EXERCISE: List all lines of the data that include the string "proof".

Records contained in a dataset:
******************************

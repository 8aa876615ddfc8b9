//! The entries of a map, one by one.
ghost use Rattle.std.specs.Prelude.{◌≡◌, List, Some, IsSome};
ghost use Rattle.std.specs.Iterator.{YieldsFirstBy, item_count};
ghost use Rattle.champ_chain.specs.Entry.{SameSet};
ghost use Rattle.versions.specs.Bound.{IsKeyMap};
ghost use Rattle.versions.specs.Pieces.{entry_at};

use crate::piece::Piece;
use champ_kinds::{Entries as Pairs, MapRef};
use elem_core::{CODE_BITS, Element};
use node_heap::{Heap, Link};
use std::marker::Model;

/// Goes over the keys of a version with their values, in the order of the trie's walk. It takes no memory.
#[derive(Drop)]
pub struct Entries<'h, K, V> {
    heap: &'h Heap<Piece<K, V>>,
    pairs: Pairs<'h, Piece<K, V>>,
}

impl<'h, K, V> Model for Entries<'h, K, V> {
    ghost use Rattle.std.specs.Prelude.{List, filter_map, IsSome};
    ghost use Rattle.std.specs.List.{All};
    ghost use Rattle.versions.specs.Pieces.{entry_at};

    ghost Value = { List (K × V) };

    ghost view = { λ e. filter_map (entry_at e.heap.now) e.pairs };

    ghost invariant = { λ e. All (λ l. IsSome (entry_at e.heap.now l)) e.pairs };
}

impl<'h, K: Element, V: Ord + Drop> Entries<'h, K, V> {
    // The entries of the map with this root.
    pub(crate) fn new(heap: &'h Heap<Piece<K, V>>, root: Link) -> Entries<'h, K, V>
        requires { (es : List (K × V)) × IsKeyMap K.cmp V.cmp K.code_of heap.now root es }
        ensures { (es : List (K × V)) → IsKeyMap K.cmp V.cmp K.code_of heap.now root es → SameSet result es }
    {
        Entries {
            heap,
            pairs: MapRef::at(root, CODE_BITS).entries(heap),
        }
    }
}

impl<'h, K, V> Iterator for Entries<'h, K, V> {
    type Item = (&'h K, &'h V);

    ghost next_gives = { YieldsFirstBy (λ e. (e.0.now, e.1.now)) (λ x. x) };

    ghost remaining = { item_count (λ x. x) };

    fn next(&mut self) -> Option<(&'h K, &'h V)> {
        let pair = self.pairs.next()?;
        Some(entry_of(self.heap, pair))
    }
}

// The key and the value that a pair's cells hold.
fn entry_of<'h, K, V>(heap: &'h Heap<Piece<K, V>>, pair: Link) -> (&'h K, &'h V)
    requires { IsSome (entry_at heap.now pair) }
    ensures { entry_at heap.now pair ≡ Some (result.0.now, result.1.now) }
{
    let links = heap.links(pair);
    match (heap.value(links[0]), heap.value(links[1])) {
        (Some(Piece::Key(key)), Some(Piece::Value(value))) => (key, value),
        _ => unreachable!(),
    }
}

******************************

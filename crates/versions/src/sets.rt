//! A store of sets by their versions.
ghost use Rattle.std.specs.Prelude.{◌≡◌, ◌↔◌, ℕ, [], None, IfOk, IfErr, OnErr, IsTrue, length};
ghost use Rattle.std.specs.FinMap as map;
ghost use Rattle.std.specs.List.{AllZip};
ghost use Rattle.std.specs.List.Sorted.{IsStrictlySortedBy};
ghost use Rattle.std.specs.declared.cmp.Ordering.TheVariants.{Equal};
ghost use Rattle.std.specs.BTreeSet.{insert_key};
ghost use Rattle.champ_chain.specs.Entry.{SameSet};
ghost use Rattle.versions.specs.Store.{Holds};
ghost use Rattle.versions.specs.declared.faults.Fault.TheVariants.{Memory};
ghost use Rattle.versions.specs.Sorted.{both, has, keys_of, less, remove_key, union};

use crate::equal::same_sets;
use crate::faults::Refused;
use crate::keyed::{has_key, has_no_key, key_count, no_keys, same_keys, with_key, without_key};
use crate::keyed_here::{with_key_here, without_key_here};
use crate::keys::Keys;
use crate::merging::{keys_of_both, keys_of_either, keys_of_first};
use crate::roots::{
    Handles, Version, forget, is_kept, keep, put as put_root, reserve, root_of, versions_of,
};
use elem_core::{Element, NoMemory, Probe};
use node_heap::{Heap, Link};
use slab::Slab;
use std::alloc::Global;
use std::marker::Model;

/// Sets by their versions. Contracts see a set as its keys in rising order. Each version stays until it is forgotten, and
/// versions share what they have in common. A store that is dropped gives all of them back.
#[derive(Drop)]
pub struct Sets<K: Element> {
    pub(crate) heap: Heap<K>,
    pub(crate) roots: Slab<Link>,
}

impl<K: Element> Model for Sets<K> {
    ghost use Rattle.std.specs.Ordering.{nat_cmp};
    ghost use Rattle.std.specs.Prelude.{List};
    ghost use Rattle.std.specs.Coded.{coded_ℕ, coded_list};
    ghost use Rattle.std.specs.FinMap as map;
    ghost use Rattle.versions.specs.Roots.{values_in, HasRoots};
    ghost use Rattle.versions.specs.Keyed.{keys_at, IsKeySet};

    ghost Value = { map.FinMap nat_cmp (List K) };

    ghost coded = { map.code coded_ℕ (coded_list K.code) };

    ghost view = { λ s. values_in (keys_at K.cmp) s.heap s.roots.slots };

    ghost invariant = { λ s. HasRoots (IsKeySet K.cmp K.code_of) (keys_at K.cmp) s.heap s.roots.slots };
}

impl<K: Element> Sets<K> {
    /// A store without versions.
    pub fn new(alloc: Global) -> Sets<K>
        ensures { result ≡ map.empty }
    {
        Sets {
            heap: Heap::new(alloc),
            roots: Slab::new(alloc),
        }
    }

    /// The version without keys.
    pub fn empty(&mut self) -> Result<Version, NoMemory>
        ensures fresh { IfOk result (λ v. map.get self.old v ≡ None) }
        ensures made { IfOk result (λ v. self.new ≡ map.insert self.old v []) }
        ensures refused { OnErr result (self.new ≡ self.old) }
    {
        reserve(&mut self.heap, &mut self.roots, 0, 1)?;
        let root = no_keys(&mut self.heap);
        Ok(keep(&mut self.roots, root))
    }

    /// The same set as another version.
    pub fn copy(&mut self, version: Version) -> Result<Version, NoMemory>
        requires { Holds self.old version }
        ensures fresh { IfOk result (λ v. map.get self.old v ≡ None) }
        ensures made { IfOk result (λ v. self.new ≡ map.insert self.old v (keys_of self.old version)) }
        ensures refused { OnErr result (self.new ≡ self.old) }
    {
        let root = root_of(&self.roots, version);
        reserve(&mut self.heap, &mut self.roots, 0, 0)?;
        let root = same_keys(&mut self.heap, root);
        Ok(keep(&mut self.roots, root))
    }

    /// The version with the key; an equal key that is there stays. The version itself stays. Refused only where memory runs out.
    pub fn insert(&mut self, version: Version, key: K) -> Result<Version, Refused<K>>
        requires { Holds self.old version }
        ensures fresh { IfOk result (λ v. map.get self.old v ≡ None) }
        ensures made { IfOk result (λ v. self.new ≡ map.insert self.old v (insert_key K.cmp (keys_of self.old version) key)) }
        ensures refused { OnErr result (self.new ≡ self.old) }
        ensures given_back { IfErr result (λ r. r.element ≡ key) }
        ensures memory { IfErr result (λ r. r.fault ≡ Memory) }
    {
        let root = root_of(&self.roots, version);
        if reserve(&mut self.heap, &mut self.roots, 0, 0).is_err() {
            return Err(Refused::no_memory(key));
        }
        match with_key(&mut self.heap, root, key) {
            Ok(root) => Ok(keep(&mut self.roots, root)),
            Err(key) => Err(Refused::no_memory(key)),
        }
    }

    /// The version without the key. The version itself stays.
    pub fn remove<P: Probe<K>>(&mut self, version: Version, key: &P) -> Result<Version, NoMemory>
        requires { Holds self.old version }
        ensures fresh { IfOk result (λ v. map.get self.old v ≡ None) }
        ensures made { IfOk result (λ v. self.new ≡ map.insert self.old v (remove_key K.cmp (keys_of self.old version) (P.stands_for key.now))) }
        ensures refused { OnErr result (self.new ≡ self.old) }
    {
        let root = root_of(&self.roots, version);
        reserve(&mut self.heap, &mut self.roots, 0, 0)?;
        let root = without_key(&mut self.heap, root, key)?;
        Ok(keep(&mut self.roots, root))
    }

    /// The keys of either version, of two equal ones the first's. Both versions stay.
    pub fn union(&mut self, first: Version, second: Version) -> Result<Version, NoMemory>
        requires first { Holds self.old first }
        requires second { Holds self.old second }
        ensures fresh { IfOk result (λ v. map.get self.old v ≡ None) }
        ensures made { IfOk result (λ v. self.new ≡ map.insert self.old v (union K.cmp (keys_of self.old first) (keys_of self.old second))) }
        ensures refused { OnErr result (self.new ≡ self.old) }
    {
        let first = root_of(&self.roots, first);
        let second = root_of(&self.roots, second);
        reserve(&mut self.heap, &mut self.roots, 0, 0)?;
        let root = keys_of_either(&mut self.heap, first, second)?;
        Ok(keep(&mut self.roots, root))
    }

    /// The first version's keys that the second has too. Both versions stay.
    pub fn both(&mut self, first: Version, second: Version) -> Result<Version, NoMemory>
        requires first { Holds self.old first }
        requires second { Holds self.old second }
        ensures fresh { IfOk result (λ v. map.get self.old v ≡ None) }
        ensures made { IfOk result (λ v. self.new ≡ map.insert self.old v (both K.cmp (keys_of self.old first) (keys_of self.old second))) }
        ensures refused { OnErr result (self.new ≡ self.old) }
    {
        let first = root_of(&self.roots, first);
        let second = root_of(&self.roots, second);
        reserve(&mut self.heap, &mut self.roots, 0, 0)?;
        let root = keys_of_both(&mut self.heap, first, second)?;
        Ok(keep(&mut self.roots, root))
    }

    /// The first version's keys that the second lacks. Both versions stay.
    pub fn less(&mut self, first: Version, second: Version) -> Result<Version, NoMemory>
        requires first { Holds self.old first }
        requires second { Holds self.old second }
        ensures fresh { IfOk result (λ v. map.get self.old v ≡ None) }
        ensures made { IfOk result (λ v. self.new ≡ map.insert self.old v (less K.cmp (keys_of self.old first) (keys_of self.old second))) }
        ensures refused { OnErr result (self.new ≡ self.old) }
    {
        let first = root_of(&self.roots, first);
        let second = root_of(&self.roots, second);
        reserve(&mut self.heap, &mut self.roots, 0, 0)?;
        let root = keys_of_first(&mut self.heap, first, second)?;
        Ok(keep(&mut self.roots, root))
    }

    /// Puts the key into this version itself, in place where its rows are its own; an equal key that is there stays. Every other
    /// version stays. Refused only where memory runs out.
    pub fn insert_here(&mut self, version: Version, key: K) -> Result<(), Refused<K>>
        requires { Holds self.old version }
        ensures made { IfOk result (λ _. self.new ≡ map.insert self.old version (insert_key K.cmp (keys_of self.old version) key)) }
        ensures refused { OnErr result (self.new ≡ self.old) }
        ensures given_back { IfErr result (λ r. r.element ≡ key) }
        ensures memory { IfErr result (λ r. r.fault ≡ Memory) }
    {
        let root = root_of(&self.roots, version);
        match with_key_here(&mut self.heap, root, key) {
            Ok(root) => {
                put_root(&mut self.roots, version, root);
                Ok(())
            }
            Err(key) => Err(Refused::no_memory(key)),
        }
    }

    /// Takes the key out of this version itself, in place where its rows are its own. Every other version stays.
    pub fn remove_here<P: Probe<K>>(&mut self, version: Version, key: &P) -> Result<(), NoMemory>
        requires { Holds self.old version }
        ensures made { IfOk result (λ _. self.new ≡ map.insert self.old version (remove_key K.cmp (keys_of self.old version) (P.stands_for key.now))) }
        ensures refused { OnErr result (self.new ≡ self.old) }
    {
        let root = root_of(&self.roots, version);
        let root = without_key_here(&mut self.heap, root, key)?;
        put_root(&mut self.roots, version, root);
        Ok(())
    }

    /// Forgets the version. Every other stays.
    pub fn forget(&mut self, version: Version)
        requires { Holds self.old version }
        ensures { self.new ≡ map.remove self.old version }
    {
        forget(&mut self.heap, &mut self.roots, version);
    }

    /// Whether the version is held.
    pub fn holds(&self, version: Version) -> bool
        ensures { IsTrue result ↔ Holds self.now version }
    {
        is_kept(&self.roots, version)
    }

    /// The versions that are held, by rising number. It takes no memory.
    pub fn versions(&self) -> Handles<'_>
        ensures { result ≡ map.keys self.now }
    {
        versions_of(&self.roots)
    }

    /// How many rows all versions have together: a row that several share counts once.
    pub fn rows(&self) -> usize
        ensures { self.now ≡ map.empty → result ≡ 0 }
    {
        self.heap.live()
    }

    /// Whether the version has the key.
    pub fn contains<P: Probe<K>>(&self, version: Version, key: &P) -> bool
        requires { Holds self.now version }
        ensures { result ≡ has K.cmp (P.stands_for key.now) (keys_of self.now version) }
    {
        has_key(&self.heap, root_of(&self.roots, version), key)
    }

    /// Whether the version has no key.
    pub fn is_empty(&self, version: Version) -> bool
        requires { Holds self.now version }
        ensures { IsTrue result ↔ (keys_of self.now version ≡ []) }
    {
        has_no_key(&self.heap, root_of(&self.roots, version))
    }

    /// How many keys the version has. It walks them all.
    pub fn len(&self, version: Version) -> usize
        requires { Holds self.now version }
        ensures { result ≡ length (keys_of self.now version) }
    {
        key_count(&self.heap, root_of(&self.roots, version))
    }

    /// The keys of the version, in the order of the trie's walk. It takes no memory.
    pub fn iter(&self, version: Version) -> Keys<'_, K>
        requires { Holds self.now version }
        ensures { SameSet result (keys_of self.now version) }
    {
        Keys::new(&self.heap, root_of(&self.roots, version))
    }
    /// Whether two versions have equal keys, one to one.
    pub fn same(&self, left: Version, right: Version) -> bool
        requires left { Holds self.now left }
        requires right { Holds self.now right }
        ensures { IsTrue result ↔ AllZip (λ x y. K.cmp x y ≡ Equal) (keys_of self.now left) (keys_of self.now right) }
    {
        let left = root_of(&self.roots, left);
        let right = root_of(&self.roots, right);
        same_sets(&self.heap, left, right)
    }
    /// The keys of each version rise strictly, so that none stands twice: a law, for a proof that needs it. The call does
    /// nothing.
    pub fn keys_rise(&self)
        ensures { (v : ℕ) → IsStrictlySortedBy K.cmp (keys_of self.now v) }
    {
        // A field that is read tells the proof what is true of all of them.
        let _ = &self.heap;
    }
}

******************************

REPLY TO THE TASK:
    /// The keys of each version rise strictly, so that none stands twice: a law, for a proof that needs it. The call does
        // A field that is read tells the proof what is true of all of them.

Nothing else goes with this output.